▶ MATERIALS PROVIDED:
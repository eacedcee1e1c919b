//! What a search for evidence comes to over the journals that spans of volumes show.

ghost use Rattle.std.specs.Prelude.{IfOk};
ghost use Rattle.volume_spans.specs.Reading.{AreWritten};
ghost use Rattle.volume_spans.specs.Shown.{IsShownOver};
ghost use Rattle.joined_evidence.specs.Searches.{IsSpanSearch};

use crate::asking::cut_at;
use crate::searched::{JournalSearch, journal_search};
use archive_desk::expect_lines;
use archive_files::{FilesError, shown_until};
use causal_order::Certificate;
use evidence_search::Query;
use journal_archive::{PairJournals, VolumePair};
use pair_judgement::warnings;
use plain_search::HolderQuery;
use std::alloc::Global;
use std::thread::Threads;
use volume_spans::{ReadSpans, SpanPair, SpannedJournals};

/// The evidence of a stretch over spans of volumes.
#[derive(Debug, Drop)]
pub struct SpanEvidence {
    /// The volumes.
    pub spans: SpanPair,
    /// The last volume of each side.
    pub pair: VolumePair,
    /// The certificate, which is accepted over the two journals that the volumes show.
    pub certificate: Certificate,
    /// The warnings on these (K2, K3), as lines.
    pub warnings: Vec<u8>,
    /// The first moment of which they can't tell, in milliseconds of true time. `None` where one has no line.
    pub until: Option<u64>,
}

/// What a search for evidence comes to over spans of both sides.
#[derive(Debug, Drop)]
pub(crate) enum SpanSearch {
    /// It's found over these.
    Found(SpanEvidence),
    /// None is given, and a lease of the prefix near the moment is carried from earlier volumes.
    Carried,
    /// None is given, and no such lease is.
    NotFound,
    /// The volumes of a side aren't one journal, or something stands against the two journals.
    Barred,
}

/// What a search comes to over the journals that spans show, as far as the two bear each other out. `Changed` where one
/// of them has no line any longer.
fn search_by(
    rt: &(impl Threads + Sync),
    alloc: Global,
    read: &ReadSpans,
    shown: PairJournals,
    query: &Query,
    moment: &HolderQuery,
) -> Result<SpanSearch, FilesError>
    requires primary { AreWritten read.now.primary.volumes.items }
    requires secondary { AreWritten read.now.secondary.volumes.items }
    requires shown { IsShownOver read.now.primary.volumes.items read.now.secondary.volumes.items
        (SpannedJournals.Journals shown) }
    ensures { IfOk result (IsSpanSearch read.now query.now moment.now) }
{
    let pair = read.last_pair();
    expect_lines(&pair, &shown)?;
    let until = shown_until(&shown, query.skew);
    let asked = cut_at(query, &until);
    match journal_search(rt, alloc, &shown, &asked, moment)? {
        JournalSearch::Shown(certificate) => {
            let warnings = warnings(
                alloc,
                &shown.primary,
                &shown.secondary,
                query.skew,
                query.transit,
            )?;
            Ok(SpanSearch::Found(SpanEvidence {
                spans: read.spans(),
                pair,
                certificate,
                warnings,
                until,
            }))
        }
        JournalSearch::Carried => Ok(SpanSearch::Carried),
        JournalSearch::NotShown => Ok(SpanSearch::NotFound),
        JournalSearch::Barred => Ok(SpanSearch::Barred),
    }
}

/// What a search comes to over spans of both sides. `Changed` where a file isn't what the archive knows of it, `Memory`
/// where a growth was refused.
pub(crate) fn search_over(
    rt: &(impl Threads + Sync),
    alloc: Global,
    read: &ReadSpans,
    query: &Query,
    moment: &HolderQuery,
) -> Result<SpanSearch, FilesError>
    requires primary { AreWritten read.now.primary.volumes.items }
    requires secondary { AreWritten read.now.secondary.volumes.items }
    ensures { IfOk result (IsSpanSearch read.now query.now moment.now) }
{
    match read.shown(alloc)? {
        SpannedJournals::Journals(shown) => search_by(rt, alloc, read, shown, query, moment),
        SpannedJournals::Refused(_) => Ok(SpanSearch::Barred),
    }
}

▶ WHAT YOU HAVE TO DO:
All records shown above must be set down again verbatim.

▶ WRITTEN ANSWER:
repository eacedcee1e1c919b
//! What a search for evidence comes to over the journals that spans of volumes show.

ghost use Rattle.std.specs.Prelude.{IfOk};
ghost use Rattle.volume_spans.specs.Reading.{AreWritten};
ghost use Rattle.volume_spans.specs.Shown.{IsShownOver};
ghost use Rattle.joined_evidence.specs.Searches.{IsSpanSearch};

use crate::asking::cut_at;
use crate::searched::{JournalSearch, journal_search};
use archive_desk::expect_lines;
use archive_files::{FilesError, shown_until};
use causal_order::Certificate;
use evidence_search::Query;
use journal_archive::{PairJournals, VolumePair};
use pair_judgement::warnings;
use plain_search::HolderQuery;
use std::alloc::Global;
use std::thread::Threads;
use volume_spans::{ReadSpans, SpanPair, SpannedJournals};

/// The evidence of a stretch over spans of volumes.
#[derive(Debug, Drop)]
pub struct SpanEvidence {
    /// The volumes.
    pub spans: SpanPair,
    /// The last volume of each side.
    pub pair: VolumePair,
    /// The certificate, which is accepted over the two journals that the volumes show.
    pub certificate: Certificate,
    /// The warnings on these (K2, K3), as lines.
    pub warnings: Vec<u8>,
    /// The first moment of which they can't tell, in milliseconds of true time. `None` where one has no line.
    pub until: Option<u64>,
}

/// What a search for evidence comes to over spans of both sides.
#[derive(Debug, Drop)]
pub(crate) enum SpanSearch {
    /// It's found over these.
    Found(SpanEvidence),
    /// None is given, and a lease of the prefix near the moment is carried from earlier volumes.
    Carried,
    /// None is given, and no such lease is.
    NotFound,
    /// The volumes of a side aren't one journal, or something stands against the two journals.
    Barred,
}

/// What a search comes to over the journals that spans show, as far as the two bear each other out. `Changed` where one
/// of them has no line any longer.
fn search_by(
    rt: &(impl Threads + Sync),
    alloc: Global,
    read: &ReadSpans,
    shown: PairJournals,
    query: &Query,
    moment: &HolderQuery,
) -> Result<SpanSearch, FilesError>
    requires primary { AreWritten read.now.primary.volumes.items }
    requires secondary { AreWritten read.now.secondary.volumes.items }
    requires shown { IsShownOver read.now.primary.volumes.items read.now.secondary.volumes.items
        (SpannedJournals.Journals shown) }
    ensures { IfOk result (IsSpanSearch read.now query.now moment.now) }
{
    let pair = read.last_pair();
    expect_lines(&pair, &shown)?;
    let until = shown_until(&shown, query.skew);
    let asked = cut_at(query, &until);
    match journal_search(rt, alloc, &shown, &asked, moment)? {
        JournalSearch::Shown(certificate) => {
            let warnings = warnings(
                alloc,
                &shown.primary,
                &shown.secondary,
                query.skew,
                query.transit,
            )?;
            Ok(SpanSearch::Found(SpanEvidence {
                spans: read.spans(),
                pair,
                certificate,
                warnings,
                until,
            }))
        }
        JournalSearch::Carried => Ok(SpanSearch::Carried),
        JournalSearch::NotShown => Ok(SpanSearch::NotFound),
        JournalSearch::Barred => Ok(SpanSearch::Barred),
    }
}

/// What a search comes to over spans of both sides. `Changed` where a file isn't what the archive knows of it, `Memory`
/// where a growth was refused.
pub(crate) fn search_over(
    rt: &(impl Threads + Sync),
    alloc: Global,
    read: &ReadSpans,
    query: &Query,
    moment: &HolderQuery,
) -> Result<SpanSearch, FilesError>
    requires primary { AreWritten read.now.primary.volumes.items }
    requires secondary { AreWritten read.now.secondary.volumes.items }
    ensures { IfOk result (IsSpanSearch read.now query.now moment.now) }
{
    match read.shown(alloc)? {
        SpannedJournals::Journals(shown) => search_by(rt, alloc, read, shown, query, moment),
        SpannedJournals::Refused(_) => Ok(SpanSearch::Barred),
    }
}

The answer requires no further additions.